* _About this exercise_: Only the number is wanted: how many lines of these entries contain the word "Store"?

══ Exercise data ══

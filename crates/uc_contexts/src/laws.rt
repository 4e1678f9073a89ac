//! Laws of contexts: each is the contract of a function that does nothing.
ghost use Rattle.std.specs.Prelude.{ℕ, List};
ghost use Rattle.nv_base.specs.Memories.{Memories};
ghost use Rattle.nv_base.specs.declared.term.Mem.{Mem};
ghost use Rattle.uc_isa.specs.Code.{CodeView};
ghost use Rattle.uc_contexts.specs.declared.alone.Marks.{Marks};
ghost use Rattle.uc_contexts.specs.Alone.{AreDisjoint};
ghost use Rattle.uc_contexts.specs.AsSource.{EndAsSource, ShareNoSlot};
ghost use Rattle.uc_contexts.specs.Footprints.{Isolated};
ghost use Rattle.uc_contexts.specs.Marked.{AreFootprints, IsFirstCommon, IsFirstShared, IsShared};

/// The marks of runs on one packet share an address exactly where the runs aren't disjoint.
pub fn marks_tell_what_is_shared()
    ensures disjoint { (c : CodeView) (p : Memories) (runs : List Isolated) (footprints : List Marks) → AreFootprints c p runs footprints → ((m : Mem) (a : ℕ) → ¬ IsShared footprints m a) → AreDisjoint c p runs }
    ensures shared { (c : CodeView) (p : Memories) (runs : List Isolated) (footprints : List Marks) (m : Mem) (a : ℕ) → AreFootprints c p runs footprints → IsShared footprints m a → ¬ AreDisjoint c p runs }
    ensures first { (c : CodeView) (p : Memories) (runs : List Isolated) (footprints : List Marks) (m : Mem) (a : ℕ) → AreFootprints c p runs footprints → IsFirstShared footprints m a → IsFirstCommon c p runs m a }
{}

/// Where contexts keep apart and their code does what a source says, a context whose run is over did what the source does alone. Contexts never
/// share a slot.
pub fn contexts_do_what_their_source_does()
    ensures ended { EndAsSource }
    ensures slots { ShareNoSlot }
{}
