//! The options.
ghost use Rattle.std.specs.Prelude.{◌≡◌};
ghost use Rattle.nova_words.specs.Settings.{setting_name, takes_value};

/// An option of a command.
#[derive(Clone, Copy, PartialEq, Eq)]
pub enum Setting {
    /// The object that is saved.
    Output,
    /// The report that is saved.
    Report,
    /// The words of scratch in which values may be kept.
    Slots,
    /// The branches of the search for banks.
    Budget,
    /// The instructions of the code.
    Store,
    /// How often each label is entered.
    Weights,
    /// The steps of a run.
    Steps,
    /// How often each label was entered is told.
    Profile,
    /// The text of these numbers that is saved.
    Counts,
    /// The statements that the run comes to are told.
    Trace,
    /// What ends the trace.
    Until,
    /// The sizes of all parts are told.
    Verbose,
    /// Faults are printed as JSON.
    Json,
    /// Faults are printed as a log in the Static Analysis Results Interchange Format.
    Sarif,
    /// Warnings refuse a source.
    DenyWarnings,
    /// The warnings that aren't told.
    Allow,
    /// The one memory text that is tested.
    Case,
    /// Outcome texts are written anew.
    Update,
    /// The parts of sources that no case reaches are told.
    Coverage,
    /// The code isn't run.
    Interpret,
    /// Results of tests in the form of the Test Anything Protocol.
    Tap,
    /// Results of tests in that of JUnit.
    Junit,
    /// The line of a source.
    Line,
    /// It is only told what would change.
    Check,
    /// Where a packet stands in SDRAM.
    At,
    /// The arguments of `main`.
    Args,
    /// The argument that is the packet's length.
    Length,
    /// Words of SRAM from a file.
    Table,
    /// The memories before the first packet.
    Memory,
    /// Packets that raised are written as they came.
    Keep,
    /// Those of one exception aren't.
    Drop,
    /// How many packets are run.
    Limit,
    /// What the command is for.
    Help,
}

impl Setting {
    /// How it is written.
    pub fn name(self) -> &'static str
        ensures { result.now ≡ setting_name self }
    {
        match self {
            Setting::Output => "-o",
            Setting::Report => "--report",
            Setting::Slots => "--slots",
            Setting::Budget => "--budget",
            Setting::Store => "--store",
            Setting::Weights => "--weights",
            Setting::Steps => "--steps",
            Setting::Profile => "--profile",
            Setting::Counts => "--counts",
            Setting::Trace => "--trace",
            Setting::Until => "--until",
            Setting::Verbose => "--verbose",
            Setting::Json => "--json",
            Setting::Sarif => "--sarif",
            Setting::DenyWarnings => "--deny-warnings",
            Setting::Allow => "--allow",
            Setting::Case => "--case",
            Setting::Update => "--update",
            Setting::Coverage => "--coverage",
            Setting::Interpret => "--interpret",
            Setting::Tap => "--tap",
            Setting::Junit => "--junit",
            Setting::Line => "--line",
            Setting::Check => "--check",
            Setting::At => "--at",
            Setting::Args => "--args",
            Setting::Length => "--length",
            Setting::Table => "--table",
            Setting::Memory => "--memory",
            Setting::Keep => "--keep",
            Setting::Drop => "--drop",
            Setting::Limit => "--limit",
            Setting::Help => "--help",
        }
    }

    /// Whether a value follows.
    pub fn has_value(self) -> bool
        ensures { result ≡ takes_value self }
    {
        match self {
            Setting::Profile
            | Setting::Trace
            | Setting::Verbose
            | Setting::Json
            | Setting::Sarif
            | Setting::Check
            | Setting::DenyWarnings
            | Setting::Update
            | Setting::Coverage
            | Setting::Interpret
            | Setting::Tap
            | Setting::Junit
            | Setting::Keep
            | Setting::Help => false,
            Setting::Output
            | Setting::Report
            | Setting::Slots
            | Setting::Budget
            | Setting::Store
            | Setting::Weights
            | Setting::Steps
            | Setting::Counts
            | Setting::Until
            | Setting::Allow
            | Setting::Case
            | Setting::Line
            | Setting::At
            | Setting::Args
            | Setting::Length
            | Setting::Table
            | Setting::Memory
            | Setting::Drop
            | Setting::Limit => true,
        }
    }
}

═══

* _Result of the task_: 3